4.3. In the light of this evidence the Board is convinced that a skilled person following the teaching of document (1) would not obtain a compound falling within the scope of the present Claim 1. The subject-matter of this claim and Claims 2, 3 and 19 to 25 is therefore novel in respect to document (1).
4.4. Since the novelty of the hydrated MMPP was discussed in the light of the process disclosed in document (1), it follows from the foregoing that the subject-matter of the present Claim 4, which relates to a process for the preparation of compounds according to Claim 1, is also novel in respect of document (1). Moreover there is no reference in the disclosure of the precipitation, separation and drying of any intermediate product. The subject-matter of Claims 5 to 18, which relate to preferred embodiments of the main process claim, is also novel.
5. It still remains to be examined whether the facts, evidence and arguments, in respect of inventive step, presented by the Appellant, prejudice the maintenance of the European patent. The Appellant has not submitted that it was possible for the skilled person on the basis of the cited prior art and common general knowledge to predict with any degree of certainty how the present technical problem might have been solved. Furthermore, the Board is also not in a position from its own knowledge to make any such predictions. On the contrary the Appellant's argument is confined to the supposition that a skilled person following the teaching of document (1) could have realised that the effect of increased stability and its cause was the formation of hydrated MMPP.

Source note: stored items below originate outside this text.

// For which objects the results of a call stand.
ghost use Rattle.std.specs.Prelude.{◌≡◌, ◌≤◌, Some, [], length, map, vec_capacity, IsOk, OnOk, ℕ};
ghost use Rattle.std.specs.List.{enumerate_from};
ghost use Rattle.object_model.specs.Keys.{key_payload};
ghost use Rattle.object_model.specs.History.{born_in};
ghost use Rattle.replay_model.specs.Births.{bearable, born_with, made_by, own_object, retrieved_object};
ghost use Rattle.session_parts.specs.Opened.{returning_shown};

use crate::bearing::{bearable_results, effect_of, is_bearing};
use crate::returning_call::ReturningCall;
use command_tables::{CommandId, Effect, ObjectType};
use object_model::Object;
use replay_model::Born;
use session_tables::{BirthTable, ObjectTable, RetrievedKey, RetrievedTable, own_object, owner};
use std::alloc::AllocError;
use trace_format::Name;

/// The payload as far as it is part of a retrieved object's key.
#[tactic(auto, unfolding(command_tables::specs::Tests::same_command))]
pub(crate) fn key_of(call: ReturningCall<'_>) -> &[u8]
    ensures { result.now ≡ key_payload call.entry.cmd call.entry.payload.now }
{
    if call.cmd == CommandId::GetDeviceQueue {
        call.payload
    } else {
        &[]
    }
}

// The object that a call retrieved before, where it has an owner.
fn retrieved_of(
    table: &RetrievedTable,
    call: ReturningCall<'_>,
    owner: Object,
    ty: ObjectType,
    place: usize,
    name: Name,
) -> Object
    ensures { result ≡ retrieved_object table.now.kept (returning_shown call.entry) (Some owner) ty place name }
{
    let key = RetrievedKey {
        ty,
        owner,
        place,
        payload: key_of(call),
    };
    table.object_with(key).unwrap_or(own_object(ty, name))
}

fn retrieved(
    table: &RetrievedTable,
    call: ReturningCall<'_>,
    owner: Option<Object>,
    ty: ObjectType,
    place: usize,
    name: Name,
) -> Object
    ensures { result ≡ retrieved_object table.now.kept (returning_shown call.entry) owner ty place name }
{
    match owner {
        None => own_object(ty, name),
        Some(owner) => retrieved_of(table, call, owner, ty, place, name),
    }
}

fn put_created(ty: ObjectType, names: &[Name], all: &mut Vec<Born>) -> Result<(), AllocError>
    requires { all.old.items ≡ [] }
    ensures made { OnOk result (all.new.items ≡ map (λ (x : ℕ × Name). record { place = x.0; name = x.1; object = own_object ty x.1 }) (enumerate_from 0 names.now)) }
    ensures room { vec_capacity all.old ≤ vec_capacity all.new }
    ensures succeeds { length names.now ≤ vec_capacity all.old → IsOk result }
{
    for (k, name) in names.iter().enumerate() {
        all.push(Born {
            place: k,
            name: *name,
            object: own_object(ty, *name),
        })?;
    }
    Ok(())
}

fn put_retrieved(
    table: &RetrievedTable,
    call: ReturningCall<'_>,
    owner: Option<Object>,
    ty: ObjectType,
    names: &[Name],
    all: &mut Vec<Born>,
) -> Result<(), AllocError>
    requires { all.old.items ≡ [] }
    ensures made { OnOk result (all.new.items ≡ map (λ (x : ℕ × Name). record { place = x.0; name = x.1; object = retrieved_object table.now.kept (returning_shown call.entry) owner ty x.0 x.1 }) (enumerate_from 0 names.now)) }
    ensures room { vec_capacity all.old ≤ vec_capacity all.new }
    ensures succeeds { length names.now ≤ vec_capacity all.old → IsOk result }
{
    for (k, name) in names.iter().enumerate() {
        all.push(Born {
            place: k,
            name: *name,
            object: retrieved(table, call, owner, ty, k, *name),
        })?;
    }
    Ok(())
}

// What a call that bears its results makes.
fn put_results(
    births: &BirthTable,
    table: &RetrievedTable,
    drivers: u32,
    call: ReturningCall<'_>,
    all: &mut Vec<Born>,
) -> Result<(), AllocError>
    requires { all.old.items ≡ [] }
    ensures made { OnOk result (all.new.items ≡ born_with births.now.births table.now.kept (returning_shown call.entry) (bearable drivers (returning_shown call.entry))) }
    ensures room { vec_capacity all.old ≤ vec_capacity all.new }
    ensures succeeds { length call.entry.results.now ≤ vec_capacity all.old → IsOk result }
{
    let names = bearable_results(drivers, call);
    let effect = effect_of(call.cmd);
    match effect {
        Effect::Create { ty, .. } => put_created(ty, names, all),
        Effect::Retrieve { ty, .. } => {
            let owner = owner(births, call.args, effect);
            put_retrieved(table, call, owner, ty, names, all)
        }
        Effect::None | Effect::Destroy(_) | Effect::Free(_) | Effect::Reset(_) => Ok(()),
    }
}

/// Puts the results of a call that are born at its return in place of what stood there. Takes no memory where there is room for all results.
pub fn put_made(
    objects: &ObjectTable,
    table: &RetrievedTable,
    drivers: u32,
    call: ReturningCall<'_>,
    all: &mut Vec<Born>,
) -> Result<(), AllocError>
    ensures made { OnOk result (all.new.items ≡ made_by drivers objects.now.births (born_in objects.now.births) table.now.kept (returning_shown call.entry)) }
    ensures room { vec_capacity all.old ≤ vec_capacity all.new }
    ensures succeeds { length call.entry.results.now ≤ vec_capacity all.old → IsOk result }
{
    all.clear();
    if is_bearing(objects, call) {
        put_results(objects.births(), table, drivers, call, all)
    } else {
        Ok(())
    }
}
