//! What a call says of its objects, read from it as it stood above the terminator.
ghost use Rattle.std.specs.Prelude.{◌≡◌, ◌<◌, map, length, option_and_then, slice_get};
ghost use Rattle.command_tables.specs.Calls.{call_content};
ghost use Rattle.command_tables.specs.Handles.{list_at};
ghost use Rattle.command_tables.specs.Table.{row_of, seen_param};
ghost use Rattle.object_model.specs.Keys.{key_payload};
ghost use Rattle.object_model.specs.Objects.{first_in, object_of};
ghost use Rattle.layer_model.specs.Parts.{key_read, owner_read};
ghost use Rattle.layer_model.specs.Reading.{read_call, read_handle, read_handles, read_params};
ghost use Rattle.terminator.specs.Shown.{key_asked, key_named};

use crate::key::RetrievedKey;
use command_tables::{CommandId, Effect, HandleArgs, LayerCall, ObjectType, OwnerOf, Param, row};
use object_model::{Argument, Object};

// What stands in a place.
fn read(ty: ObjectType, handle: u64, unborn: bool) -> Argument
    ensures { result ≡ read_handle ty handle unborn }
{
    if unborn {
        Argument::Unborn
    } else if handle == 0 {
        Argument::Null
    } else {
        Argument::The(Object { ty, number: handle })
    }
}

// The pair of type and handle that an argument stands for.
fn pair_of(argument: Argument) -> Option<Object>
    ensures { result ≡ object_of argument }
{
    match argument {
        Argument::Null | Argument::Unborn => None,
        Argument::The(object) => Some(object),
    }
}

// The pair for which the first argument of a parameter stands.
#[tactic(auto, using(crate::proofs::FirstRead::none_read, crate::proofs::FirstRead::first_read))]
fn pair_at(args: &HandleArgs<6>, ty: ObjectType, p: usize) -> Option<Object>
    requires { p < length args.now.lists }
    ensures { result ≡ option_and_then object_of (slice_get (read_handles ty (list_at args.now.lists p) (list_at args.now.marks p)) 0) }
{
    let _count = args.len();
    let handles = args.param(p);
    if handles.is_empty() {
        return None;
    }
    pair_of(read(ty, handles[0], args.unborn(p, 0)))
}

// The pair that is the first of a parameter.
fn first_of(params: &[Param], args: &HandleArgs<6>, p: usize) -> Option<Object>
    ensures { result ≡ first_in (read_params (map seen_param params.now) args.now.lists args.now.marks) p }
{
    let count = args.len();
    if params.len() <= p {
        return None;
    }
    if count <= p {
        return None;
    }
    pair_at(args, params[p].ty, p)
}

/// The object that is the first argument of a call, if there is one.
#[tactic(auto, using(crate::proofs::Keys::first_is))]
pub fn first_object(call: &LayerCall) -> Option<Object>
    ensures { result ≡ first_in (read_call (call_content call.now)) 0 }
{
    first_of(row(call.cmd).params, &call.args, 0)
}

// The owner that an effect names.
fn named_owner(params: &[Param], args: &HandleArgs<6>, owner: OwnerOf) -> Option<Object>
    ensures { result ≡ owner_read (read_params (map seen_param params.now) args.now.lists args.now.marks) owner }
{
    match owner {
        OwnerOf::Param(p) => first_of(params, args, p as usize),
        _ => None,
    }
}

// The payload as far as it is part of a key.
#[tactic(auto, unfolding(command_tables::specs::Tests::same_command))]
fn key_payload(cmd: CommandId, payload: &[u8]) -> &[u8]
    ensures { result.now ≡ key_payload cmd payload.now }
{
    if cmd == CommandId::GetDeviceQueue {
        payload
    } else {
        &[]
    }
}

// By what an effect retrieves, but for the place in the answer; none where it retrieves nothing.
fn named_key<'a>(
    params: &[Param],
    args: &HandleArgs<6>,
    effect: Effect,
    payload: &'a [u8],
) -> Option<RetrievedKey<'a>>
    ensures { key_asked result ≡ key_named payload.now (read_params (map seen_param params.now) args.now.lists args.now.marks) effect }
{
    match effect {
        Effect::Retrieve { ty, owner, .. } => Some(RetrievedKey {
            owner: named_owner(params, args, owner),
            ty,
            place: 0,
            payload,
        }),
        _ => None,
    }
}

/// By what a call retrieves, but for the place in the answer; none where it retrieves nothing.
#[tactic(auto, using(crate::proofs::Keys::key_is))]
pub fn key_of(call: &LayerCall) -> Option<RetrievedKey<'_>>
    ensures { key_asked result ≡ key_read call.now.cmd call.now.payload.items (read_call (call_content call.now)) (row_of call.now.cmd).effect }
{
    let row = row(call.cmd);
    let payload = key_payload(call.cmd, &call.payload);
    named_key(row.params, &call.args, row.effect, payload)
}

However this line of argument must fail since, as is set out in paragraphs 4.1 and 4.2 above, the Board is convinced that the alleged effect does not occur if the teaching of document (1) is strictly followed. Moreover the Board is not aware of any other grounds indicating that the present subject-matter does not involve an inventive step. Therefore, the presence of an inventive step for the claimed subject-matter has to be recognised.
5.1. Since at the oral proceedings, neither the parties nor the Board referred to documents (2) and (3) which are less relevant than document (1), any discussion of them is superfluous. It is therefore concluded that the subject-matter of Claim 1 involves an inventive step. Claims 2 to 25 are allowable in view of the patentability of Claim 1.
ORDER
For these reasons, it is decided that:
1. The decision under appeal is set aside.
2. The case is remitted to the first instance with the order to maintain the patent on the basis of pages 1, 2 and 5 to 19 of the description as granted and pages 3 and 4 of the description and Claims 1 to 25 submitted during the oral proceedings.